What the exercise asks
Every entry should be given again exactly, with nothing dropped.
START Input records
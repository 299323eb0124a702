//! The looks of one scan, by either kind of seat, and the values found.
ghost use Rattle.std.specs.Prelude.{◌≡◌, ℕ, ◌<◌, length, slice_index, Some};
ghost use Rattle.snap_register.specs.Rule.{segments};
ghost use Rattle.snap_register.specs.Seat.{Grows, IsBelow, looked};
ghost use Rattle.snap_scan.specs.Sets.{Names, size};
ghost use Rattle.snap_memory.specs.Scans.{IsScan, IsSnapshot, HasPart, KeepsOthers, IsSetOf, HasLooks, CanScan};
ghost use Rattle.snap_memory.specs.Scans.{AreLooked, TakesLooks, TakesLooksOf};

use snap_register::{Looker, SnapshotBuf, View};
use snap_scan::{MAX_SEGMENTS, Next, Scan, SegmentSet};

/// Takes looks of the segments in `set` until their numbers decide the scan. Returns where its
/// values are, and in `numbers` what each segment's last look found.
pub(crate) fn gather<L: Looker>(
    seat: &mut L,
    set: SegmentSet,
    numbers: &mut [u64; MAX_SEGMENTS],
) -> View
    requires set { IsSetOf (L.known seat.old) set.bits }
    requires left { HasLooks (size set.bits) (L.known seat.old) }
    ensures seen { Grows (L.known seat.old) (L.known seat.new) }
    ensures below { IsBelow (L.known seat.new) }
    ensures scan { IsScan set.bits (L.known seat.old) (L.known seat.new) result }
    ensures left { TakesLooksOf (size set.bits) (L.known seat.old) (L.known seat.new) }
    ensures numbers { result ≡ View.Collected → (i : ℕ) → i < segments (L.known seat.new).plan
        → Names set.bits i → looked (L.known seat.new) i ≡ Some (slice_index numbers.new i) }
{
    let mut scan = Scan::of(set);
    'looks: loop {
        match scan.next() {
            Next::Look(segment) => {
                let number = seat.look(segment);
                numbers[segment] = number;
                scan.told(segment, number);
            }
            Next::Clean => return View::Collected,
            Next::Borrow(segment) => return View::Borrowed(segment),
        }
    }
}

/// Fills `out` with the memory of one moment, by the looks of any kind of seat, also of one that wraps a seat of the
/// registers. [`Scanner::scan_into`](crate::Scanner::scan_into) is this scan by a scanner's own seat. The memory has
/// all updates that were in the history at the first look of this call. Looks are used up: enough for a scan have to be
/// left ([`most_looks`](snap_scan::most_looks)).
pub fn scan<L: Looker>(seat: &mut L, out: &mut SnapshotBuf)
    requires left { CanScan (L.known seat.old) }
    requires room { length out.old ≡ segments (L.known seat.old).plan }
    ensures seen { Grows (L.known seat.old) (L.known seat.new) }
    ensures below { IsBelow (L.known seat.new) }
    ensures snapshot { IsSnapshot (L.known seat.old) (L.known seat.new) out.new }
    ensures left { TakesLooks (L.known seat.old) (L.known seat.new) }
{
    scan_some(seat, SegmentSet::all(seat.segments()), out);
}

/// Writes into `out` the number and value of each segment in `set`, all of one moment, by the looks
/// of any kind of seat, as [`scan`] does for all segments.
pub(crate) fn scan_some<L: Looker>(seat: &mut L, set: SegmentSet, out: &mut SnapshotBuf)
    requires set { IsSetOf (L.known seat.old) set.bits }
    requires left { HasLooks (size set.bits) (L.known seat.old) }
    requires room { length out.old ≡ segments (L.known seat.old).plan }
    ensures seen { Grows (L.known seat.old) (L.known seat.new) }
    ensures below { IsBelow (L.known seat.new) }
    ensures part { HasPart set.bits (L.known seat.old) (L.known seat.new) out.new }
    ensures others { KeepsOthers set.bits out.old out.new }
    ensures left { TakesLooksOf (size set.bits) (L.known seat.old) (L.known seat.new) }
{
    let mut numbers = [0; MAX_SEGMENTS];
    match gather(seat, set, &mut numbers) {
        View::Collected => read_named(seat, set, &numbers, out),
        View::Borrowed(segment) => seat.view(segment, set, out),
    }
}

/// Writes into `out` the values of the last looks, one at each named segment, with their `numbers`.
fn read_named<L: Looker>(
    seat: &mut L,
    set: SegmentSet,
    numbers: &[u64; MAX_SEGMENTS],
    out: &mut SnapshotBuf,
)
    requires room { length out.old ≡ segments (L.known seat.old).plan }
    requires looked { (i : ℕ) → i < segments (L.known seat.old).plan → Names set.bits i
        → looked (L.known seat.old) i ≡ Some (slice_index numbers.now i) }
    ensures values { AreLooked set.bits (L.known seat.old) out.new }
    ensures others { KeepsOthers set.bits out.old out.new }
    ensures same { L.known seat.new ≡ L.known seat.old }
{
    for i in 0..seat.segments() {
        if set.has(i) {
            out.read(seat, i, numbers[i]);
        }
    }
}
END Input records
Task response
repository 299323eb0124a702
//! The looks of one scan, by either kind of seat, and the values found.
ghost use Rattle.std.specs.Prelude.{◌≡◌, ℕ, ◌<◌, length, slice_index, Some};
ghost use Rattle.snap_register.specs.Rule.{segments};
ghost use Rattle.snap_register.specs.Seat.{Grows, IsBelow, looked};
ghost use Rattle.snap_scan.specs.Sets.{Names, size};
ghost use Rattle.snap_memory.specs.Scans.{IsScan, IsSnapshot, HasPart, KeepsOthers, IsSetOf, HasLooks, CanScan};
ghost use Rattle.snap_memory.specs.Scans.{AreLooked, TakesLooks, TakesLooksOf};

use snap_register::{Looker, SnapshotBuf, View};
use snap_scan::{MAX_SEGMENTS, Next, Scan, SegmentSet};

/// Takes looks of the segments in `set` until their numbers decide the scan. Returns where its
/// values are, and in `numbers` what each segment's last look found.
pub(crate) fn gather<L: Looker>(
    seat: &mut L,
    set: SegmentSet,
    numbers: &mut [u64; MAX_SEGMENTS],
) -> View
    requires set { IsSetOf (L.known seat.old) set.bits }
    requires left { HasLooks (size set.bits) (L.known seat.old) }
    ensures seen { Grows (L.known seat.old) (L.known seat.new) }
    ensures below { IsBelow (L.known seat.new) }
    ensures scan { IsScan set.bits (L.known seat.old) (L.known seat.new) result }
    ensures left { TakesLooksOf (size set.bits) (L.known seat.old) (L.known seat.new) }
    ensures numbers { result ≡ View.Collected → (i : ℕ) → i < segments (L.known seat.new).plan
        → Names set.bits i → looked (L.known seat.new) i ≡ Some (slice_index numbers.new i) }
{
    let mut scan = Scan::of(set);
    'looks: loop {
        match scan.next() {
            Next::Look(segment) => {
                let number = seat.look(segment);
                numbers[segment] = number;
                scan.told(segment, number);
            }
            Next::Clean => return View::Collected,
            Next::Borrow(segment) => return View::Borrowed(segment),
        }
    }
}

/// Fills `out` with the memory of one moment, by the looks of any kind of seat, also of one that wraps a seat of the
/// registers. [`Scanner::scan_into`](crate::Scanner::scan_into) is this scan by a scanner's own seat. The memory has
/// all updates that were in the history at the first look of this call. Looks are used up: enough for a scan have to be
/// left ([`most_looks`](snap_scan::most_looks)).
pub fn scan<L: Looker>(seat: &mut L, out: &mut SnapshotBuf)
    requires left { CanScan (L.known seat.old) }
    requires room { length out.old ≡ segments (L.known seat.old).plan }
    ensures seen { Grows (L.known seat.old) (L.known seat.new) }
    ensures below { IsBelow (L.known seat.new) }
    ensures snapshot { IsSnapshot (L.known seat.old) (L.known seat.new) out.new }
    ensures left { TakesLooks (L.known seat.old) (L.known seat.new) }
{
    scan_some(seat, SegmentSet::all(seat.segments()), out);
}

/// Writes into `out` the number and value of each segment in `set`, all of one moment, by the looks
/// of any kind of seat, as [`scan`] does for all segments.
pub(crate) fn scan_some<L: Looker>(seat: &mut L, set: SegmentSet, out: &mut SnapshotBuf)
    requires set { IsSetOf (L.known seat.old) set.bits }
    requires left { HasLooks (size set.bits) (L.known seat.old) }
    requires room { length out.old ≡ segments (L.known seat.old).plan }
    ensures seen { Grows (L.known seat.old) (L.known seat.new) }
    ensures below { IsBelow (L.known seat.new) }
    ensures part { HasPart set.bits (L.known seat.old) (L.known seat.new) out.new }
    ensures others { KeepsOthers set.bits out.old out.new }
    ensures left { TakesLooksOf (size set.bits) (L.known seat.old) (L.known seat.new) }
{
    let mut numbers = [0; MAX_SEGMENTS];
    match gather(seat, set, &mut numbers) {
        View::Collected => read_named(seat, set, &numbers, out),
        View::Borrowed(segment) => seat.view(segment, set, out),
    }
}

/// Writes into `out` the values of the last looks, one at each named segment, with their `numbers`.
fn read_named<L: Looker>(
    seat: &mut L,
    set: SegmentSet,
    numbers: &[u64; MAX_SEGMENTS],
    out: &mut SnapshotBuf,
)
    requires room { length out.old ≡ segments (L.known seat.old).plan }
    requires looked { (i : ℕ) → i < segments (L.known seat.old).plan → Names set.bits i
        → looked (L.known seat.old) i ≡ Some (slice_index numbers.now i) }
    ensures values { AreLooked set.bits (L.known seat.old) out.new }
    ensures others { KeepsOthers set.bits out.old out.new }
    ensures same { L.known seat.new ≡ L.known seat.old }
{
    for i in 0..seat.segments() {
        if set.has(i) {
            out.read(seat, i, numbers[i]);
        }
    }
}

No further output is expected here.